Multi-Modal Locomotion Mode Recognition in the Real World for Robotic Hip Complex Exoskeletons
Hyesoo Shin, Sangdo Kim, Sunwoo Kim, Jongwon Lee, Jinkyu Kim, KangGeon Kim
AI summary
Problem
Single-sensor locomotion mode recognition systems struggle to generalize across users and degrade when assistive torque alters joint kinematics, hindering safe and effective real-world exoskeleton control.
Approach
The authors propose a lightweight multi-modal recognition system that combines proprioceptive (mechanical/IMU) and visual (RGB camera) data using intermediate and late fusion strategies, evaluated on a novel outdoor dataset.
Key results
- 11.7% average accuracy improvement over single-modal baselines
- Visual data enhances cross-user gait generalization
- Mechanical data ensures high intra-class recognition consistency
- Novel synchronized mechanical-visual outdoor dataset released
Why it matters
Enables more robust and adaptive real-time control for lower-limb exoskeletons, advancing wearable robotics for assistive healthcare applications.
Abstract
Lower limb exoskeletons assist users by supporting joint movements.
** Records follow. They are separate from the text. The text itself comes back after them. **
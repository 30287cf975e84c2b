//! The refusals of configurations and of scripts.
ghost use Rattle.std.specs.Prelude.{◌≡◌};
ghost use Rattle.vme_script.specs.declared.fault.ConfigFault.TheVariants.{OutOfMemory};
ghost use Rattle.vme_script.specs.declared.fault.ScriptFault.TheVariants as script;
ghost use Rattle.vme_script.specs.Answers.{as_config_fault};

use std::alloc::{AllocError, AllocFailed};
use thiserror::Error;
use vme_config_toml::DocumentFault;
use vme_grammar::LineFault;

/// Why a text is not a configuration. Its `Display` text begins with the number of the refusal. The
/// text of `OutOfMemory` is `memory`.
///
/// The variants are in the order in which they are checked, except `OutOfMemory`. The word of the
/// arbiter is checked after `Overlap`.
#[derive(Clone, Copy, Debug, PartialEq, Eq, Error)]
pub enum ConfigFault {
    /// C6: the text is not TOML.
    #[error("C6")]
    NotToml,
    /// C7: a key is unknown, a required key is absent, a value has another kind, or a whole number
    /// is below 0 or above 2^32 - 1.
    #[error("C7")]
    BadKey,
    /// C11: there is no board.
    #[error("C11")]
    NoBoard,
    /// C4: there are more than 21 boards.
    #[error("C4")]
    TooMany,
    /// C8: a slot is not from 1 to 21, or not above the slot of the board before.
    #[error("C8")]
    BadSlot,
    /// C9: a request level is above 3.
    #[error("C9")]
    BadLevel,
    /// C10: a word does not name a space or an arbiter, no slave has the width, or a slave of fewer
    /// than 32 data lines has unaligned transfers.
    #[error("C10")]
    BadWord,
    /// C5: a size is not from 4 to 1,048,576 bytes, or not a multiple of four.
    #[error("C5")]
    BadSize,
    /// C3: a base is not a multiple of four.
    #[error("C3")]
    Misaligned,
    /// C2: a range goes past the last address of its space.
    #[error("C2")]
    OutsideSpace,
    /// C1: two boards of one space share an address.
    #[error("C1")]
    Overlap,
    /// C12: tries, rounds or turns are out of range, or a turn is that of a slot without a board.
    #[error("C12")]
    BadSchedule,
    /// C13: there are more than 16 mailboxes; or a mailbox has a code other than those of data and
    /// short access, an address that is not a multiple of four, or a number of slots that is not
    /// from 1 to 64; or its bytes are not wholly within one board that its code selects; or that
    /// board has no quad bytes or no read-modify-writes; or it shares a byte with an earlier
    /// mailbox.
    #[error("C13")]
    BadMailbox,
    /// C14: a script is refused, with the slot of its board.
    #[error("C14 slot {slot} {refusal}")]
    BadScript { slot: u16, refusal: ScriptRefusal },
    /// An allocation failed.
    #[error("memory")]
    OutOfMemory,
}

impl ConfigFault {
    /// Returns the number of the refusal, as `C7`; of a script that of its line's refusal, as `S4`.
    pub fn code(self) -> &'static str {
        match self {
            ConfigFault::NotToml => "C6",
            ConfigFault::BadKey => "C7",
            ConfigFault::NoBoard => "C11",
            ConfigFault::TooMany => "C4",
            ConfigFault::BadSlot => "C8",
            ConfigFault::BadLevel => "C9",
            ConfigFault::BadWord => "C10",
            ConfigFault::BadSize => "C5",
            ConfigFault::Misaligned => "C3",
            ConfigFault::OutsideSpace => "C2",
            ConfigFault::Overlap => "C1",
            ConfigFault::BadSchedule => "C12",
            ConfigFault::BadMailbox => "C13",
            ConfigFault::BadScript { refusal, .. } => refusal.code(),
            ConfigFault::OutOfMemory => "memory",
        }
    }
}

impl From<AllocError> for ConfigFault {
    ghost from_gives = { λ _ fault. fault ≡ OutOfMemory };

    fn from(_error: AllocError) -> ConfigFault {
        ConfigFault::OutOfMemory
    }
}

impl<T: Drop> From<AllocFailed<T>> for ConfigFault {
    ghost from_gives = { λ _ fault. fault ≡ OutOfMemory };

    fn from(_error: AllocFailed<T>) -> ConfigFault {
        ConfigFault::OutOfMemory
    }
}

impl From<DocumentFault> for ConfigFault {
    ghost from_gives = { λ fault refusal. refusal ≡ as_config_fault fault };

    fn from(fault: DocumentFault) -> ConfigFault {
        match fault {
            DocumentFault::NotToml => ConfigFault::NotToml,
            DocumentFault::BadKey => ConfigFault::BadKey,
            DocumentFault::OutOfMemory => ConfigFault::OutOfMemory,
        }
    }
}

/// Why a text is not a script. Its `Display` text is the number of the line and that of the
/// refusal.
#[derive(Clone, Copy, Debug, PartialEq, Eq, Error)]
pub enum ScriptRefusal {
    /// S1 to S7, S9: a line is refused, with its number from 1. In a file, S6 also refuses a line
    /// that names an undeclared mailbox, and S9 a line that accesses bytes of a declared one.
    #[error("line {number} {fault}")]
    BadLine { number: u16, fault: LineFault },
    /// S8: the text has more than 1,000 lines. The text of the fault names line 1001, the first
    /// line over the limit.
    #[error("line 1001 S8")]
    TooManyLines,
}

impl ScriptRefusal {
    /// Returns the number of the refusal, as `S4`.
    pub fn code(self) -> &'static str {
        match self {
            ScriptRefusal::TooManyLines => "S8",
            ScriptRefusal::BadLine { fault, .. } => match fault {
                LineFault::LineTooLong => "S1",
                LineFault::UnknownWord => "S2",
                LineFault::WordCount => "S3",
                LineFault::BadCode => "S4",
                LineFault::BadAddress => "S5",
                LineFault::BadNumber => "S6",
                LineFault::BadBytes => "S7",
                LineFault::MailboxBytes => "S9",
            },
        }
    }
}

/// Why there is no script of a text.
#[derive(Clone, Copy, Debug, PartialEq, Eq, Error)]
pub enum ScriptFault {
    /// The text is refused.
    #[error("{0}")]
    Refused(ScriptRefusal),
    /// An allocation failed.
    #[error("memory")]
    OutOfMemory,
}

impl From<ScriptRefusal> for ScriptFault {
    ghost from_gives = { λ refusal fault. fault ≡ script.Refused refusal };

    fn from(refusal: ScriptRefusal) -> ScriptFault {
        ScriptFault::Refused(refusal)
    }
}

impl From<AllocError> for ScriptFault {
    ghost from_gives = { λ _ fault. fault ≡ script.OutOfMemory };

    fn from(_error: AllocError) -> ScriptFault {
        ScriptFault::OutOfMemory
    }
}

impl<T: Drop> From<AllocFailed<T>> for ScriptFault {
    ghost from_gives = { λ _ fault. fault ≡ script.OutOfMemory };

    fn from(_error: AllocFailed<T>) -> ScriptFault {
        ScriptFault::OutOfMemory
    }
}
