//! The limits of a configuration and of a script, each stated once.
use vme_arbiter::SLOTS;

/// The greatest number of boards: one in each slot of a backplane.
pub const MOST_BOARDS: usize = SLOTS as usize;

/// The greatest slot.
pub const LAST_SLOT: u32 = SLOTS as u32;

/// The greatest request level.
pub const LAST_LEVEL: u32 = 3;

/// The greatest number of tries, of rounds, and of the turns of a schedule.
pub const MOST_TURNS: u32 = 1_000_000;

/// The greatest number of mailboxes.
pub const MOST_MAILBOXES: usize = 16;

/// The greatest number of slots of a mailbox.
pub const MOST_MAILBOX_SLOTS: u32 = 64;

/// The greatest number of lines of a script.
pub const MOST_LINES: u16 = 1000;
Since joint motion patterns vary depending on how the user moves, accurately recognizing the type of movement (locomotion mode) is crucial for controlling the ex- oskeleton and ensuring user safety. Inspired by how humans use multiple types of sensory information to control movement, we developed a multi-modal locomotion mode recognition (LMR) system that uses both mechanical and visual sensor data to identify locomotion modes. Our approach utilizes two fusion methods: intermediate fusion, which combines the data in the form of features, and late fusion, which integrates the sensor data by averaging the recognition results from each sensor. By fusing these two different modalities, the prediction accuracy improved by an average of 11.7% with the test data. Through comparisons with uni-modal LMR systems that rely on a single type of sensor data for locomotion mode recognition, we found that the improved performance of the multi-modal LMR system is due to the visual information’s ability to generalize different gait patterns across users and the mechanical sensor data’s consistency within the same classes.